Release form e tilmorphine hydrochloride: powder and tablets of 0.015 g. List A.

Recipe example e tilmorphine hydrochloride in Latin:

Rp.: Aethylmorphini hydrochloridi 0.015

D.t. d. No. 10 in tab.

S. 1 tablet 3 times a day.

INDALGIN- consists of ethylmorphine hydrochloride and indomethacin. Indalgin has a wide spectrum of action and high analgesic activity. when prescribing indalgin, the risk of drug dependence is minimized. Indalgin release form: capsules (Orion-farmos, Finland).

PROMEDOL- has a pronounced analgesic effect, but less strong than morphine. Promedol has a weaker effect on the centers: respiratory, emetic and vagus nerve. Promedol has an antispasmodic effect on the smooth muscles of the internal organs, and therefore it is advisable to use promedol for renal and hepatic colic. Promedol strengthens the rhythmic contractions of the uterus while relaxing its lower parts (promedol is used in obstetric practice to relieve pain and speed up labor). Side effects and contraindications for use are the same as for Omnopon.

Promedol release form: powder; tablets of 0.025 g; ampoules and syringe-tubes of 1 ml of 1% and 2% solutions. List A.

An example of a promedol recipe in Latin:

Rp.: Sol. Promedoli 1% 1 mi.

D.t. d. N. 10 ampull.

S. 1 ml subcutaneously (intramuscularly) 1-2 times a day.

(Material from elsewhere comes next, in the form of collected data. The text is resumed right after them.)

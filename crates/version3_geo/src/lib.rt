// The two forms of a GEO value: `a;b` in version 3 and `geo:a,b` in version 4, a and b floats.
#![tactic(auto)]

ghost use Rattle.std.specs.Prelude.{◌≡◌, true, ◌+◌, ◌<◌, ◌≤◌, length, drop};
ghost use Rattle.octets.specs.Room.{overlay};
ghost use Rattle.octets.specs.Classes.{digit, run};
ghost use Rattle.version3_geo.specs.Floats.{digits, fraction, unsigned, sign, float, up_to, floats, swapped, schemed, old_geo, new_geo, made_new, made_old};

// How many digits stand first.
fn digits_end(s: &[u8]) -> usize
    ensures { (result ≡ run digit s.now) × (result ≤ length s.now) }
{
    s.iter()
        .position(|&b| !b.is_ascii_digit())
        .unwrap_or(s.len())
}

// Whether s is one digit or more.
fn are_digits(s: &[u8]) -> bool
    ensures { result ≡ digits s.now }
{
    !s.is_empty() && digits_end(s) == s.len()
}

// Whether s is empty, or a dot and digits.
fn is_fraction(s: &[u8]) -> bool
    ensures { result ≡ fraction s.now }
{
    if s.len() == 0 {
        return true;
    }
    if s[0] != b'.' {
        return false;
    }
    are_digits(&s[1..])
}

// Whether s is a float without a sign.
fn is_unsigned(s: &[u8]) -> bool
    ensures { result ≡ unsigned s.now }
{
    let end = digits_end(s);
    if end == 0 {
        return false;
    }
    is_fraction(&s[end..])
}

// Whether an octet is a sign.
fn is_sign(b: u8) -> bool
    ensures { result ≡ sign b }
{
    b == b'+' || b == b'-'
}

// Whether s is a float.
fn is_float(s: &[u8]) -> bool
    ensures { result ≡ float s.now }
{
    if s.len() == 0 {
        return is_unsigned(s);
    }
    if is_sign(s[0]) {
        return is_unsigned(&s[1..]);
    }
    is_unsigned(s)
}

// Where the first mark stands; the length where there is none.
fn mark_at(s: &[u8], mark: u8) -> usize
    ensures { (result ≡ up_to mark s.now) × (result ≤ length s.now) }
{
    s.iter().position(|&b| b == mark).unwrap_or(s.len())
}

// Whether s is two floats with a mark between them.
fn are_floats(s: &[u8], mark: u8) -> bool
    ensures { result ≡ floats mark s.now }
{
    let at = mark_at(s, mark);
    if at == s.len() {
        return false;
    }
    if !is_float(&s[..at]) {
        return false;
    }
    let next = at + 1;
    is_float(&s[next..])
}

// Whether `geo:` stands first.
fn has_scheme(s: &[u8]) -> bool
    ensures value { result ≡ schemed s.now }
    ensures in_bounds { result ≡ true → 4 ≤ length s.now }
{
    s.starts_with(b"geo:")
}

// Whether s is a GEO value of version 3.
pub fn is_old(s: &[u8]) -> bool
    ensures { result ≡ old_geo s.now }
{
    are_floats(s, b';')
}

// Whether s is a GEO value of version 4 that version 3 has too.
pub fn is_new(s: &[u8]) -> bool
    ensures { result ≡ new_geo s.now }
{
    if !has_scheme(s) {
        return false;
    }
    are_floats(&s[4..], b',')
}

// Writes s with its first mark made another one to the start of `out`.
fn put_swapped(s: &[u8], mark: u8, other: u8, out: &mut [u8])
    requires { length s.now ≤ length out.old }
    ensures { out.new ≡ overlay (swapped mark other s.now) out.old }
{
    octets::copying::copy_in(out, s);
    let at = mark_at(s, mark);
    if at < s.len() {
        out[at] = other;
    }
}

// Writes a GEO value of version 3 as one of version 4 to the start of `out`, and answers how many octets that are.
pub fn put_new(s: &[u8], out: &mut [u8]) -> usize
    requires { length s.now + 4 ≤ length out.old }
    ensures { (result ≡ length (made_new s.now)) × (out.new ≡ overlay (made_new s.now) out.old) }
{
    octets::copying::copy_in(out, b"geo:");
    put_swapped(s, b';', b',', &mut out[4..]);
    s.len() + 4
}

// Writes a GEO value of version 4 as one of version 3 to the start of `out`, and answers how many octets that are; one without `geo:` stays.
pub fn put_old(s: &[u8], out: &mut [u8]) -> usize
    requires { length s.now ≤ length out.old }
    ensures { (result ≡ length (made_old s.now)) × (out.new ≡ overlay (made_old s.now) out.old) }
{
    if !has_scheme(s) {
        octets::copying::copy_in(out, s);
        return s.len();
    }
    put_swapped(&s[4..], b',', b';', out);
    s.len() - 4
}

fentanyl- released in the form of citrate. Fentanyl has a strong, but short-lived (up to 30 minutes) analgesic effect, which is 100 times greater than that of morphine, but more pronounced than morphine, it depresses the respiratory center. Fentanyl in combination with the neuroleptic droperidol is used for neuroleptanalgesia (pain relief without turning off consciousness). Fentanyl is also used for severe pain of various origins: renal, hepatic colic, postoperative pain, etc. Fentanyl can develop addiction and drug dependence!

Release form of fentanyl: 2 ml ampoules of 0.005% solution. List A.

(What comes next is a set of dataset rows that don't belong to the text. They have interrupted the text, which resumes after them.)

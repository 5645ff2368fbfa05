// Numbers in decimal digits.
ghost use Rattle.std.specs.Prelude.{◌≡◌};
ghost use Rattle.program_numbers.specs.Decimal.{digit_of, number_of};

// What a decimal digit stands for.
#[tactic(auto, unfolding(crate::specs::Decimal::digit_of, crate::specs::Decimal::digit, crate::specs::Decimal::ones))]
fn digit_of(octet: u8) -> Option<usize>
    ensures { result ≡ digit_of octet }
{
    match octet {
        b'0'..=b'9' => Some(usize::from(octet - b'0')),
        _ => None,
    }
}

// The number that a word has in decimal digits, where it is one that fits.
pub fn number_of(word: &[u8]) -> Option<usize>
    ensures { result ≡ number_of word.now }
{
    if word.is_empty() {
        return None;
    }
    let mut n: usize = 0;
    for octet in word {
        let one = digit_of(*octet)?;
        n = n.checked_mul(10)?.checked_add(one)?;
    }
    Some(n)
}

Recipe example f entanyl in latin:

Rp.: Sol. Phentanyli 0.005% 2ml

D.t. d. N. 3 in amp.

S. 1 ml intravenously (intramuscularly) for renal colic.

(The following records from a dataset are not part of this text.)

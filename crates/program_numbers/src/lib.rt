// What digits stand for: a number in decimal ones, and octets as pairs of hexadecimal ones.
#![tactic(auto)]

pub mod decimal;
pub mod hex;

ghost use Rattle.std.specs.Prelude.{◌≡◌, true};

// Whether two texts have the same octets.
pub fn same(a: &[u8], b: &[u8]) -> bool
    ensures { (result ≡ true → a.now ≡ b.now) × (a.now ≡ b.now → result ≡ true) }
{
    a == b
}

The description is up to date 18.12.2014
  • Latin name: Promedolum
  • ATX code: N01AH
  • Active substance: Trimeperidine (Trimeperidine)
  • Manufacturer: GosZMP, Federal State Unitary Enterprise (Russia)

Composition

1 tablet includes 25 mg trimeperidine .

1 ml injection solution contains 10 mg or 20 mg trimeperidine .

Release form

The drug Promedol is available in the form of tablets of 10 or 20 pieces per pack, as well as in the form of a 1% or 2% injection solution in ampoules of 5, 10, 100, 150, 200, 250 or 500 pieces per pack.

pharmachologic effect

Analgesic, anti-shock, antispasmodic, uterotonic, hypnotic.

Pharmacodynamics and pharmacokinetics

The drug Promedol belongs to the pharmacological group narcotic (opioid ), with a major analgesic effect. The active substance of Promedol according to the INN classification is trimeperidine , has an agonistic effect on opioid receptors . Activates the endogenous painkiller (antinociceptive ) system , thereby violating, at different levels CNS, transportation pain impulses between neurons . Trimeperidine also affects the higher departments brain modifying emotional coloring pain syndrome .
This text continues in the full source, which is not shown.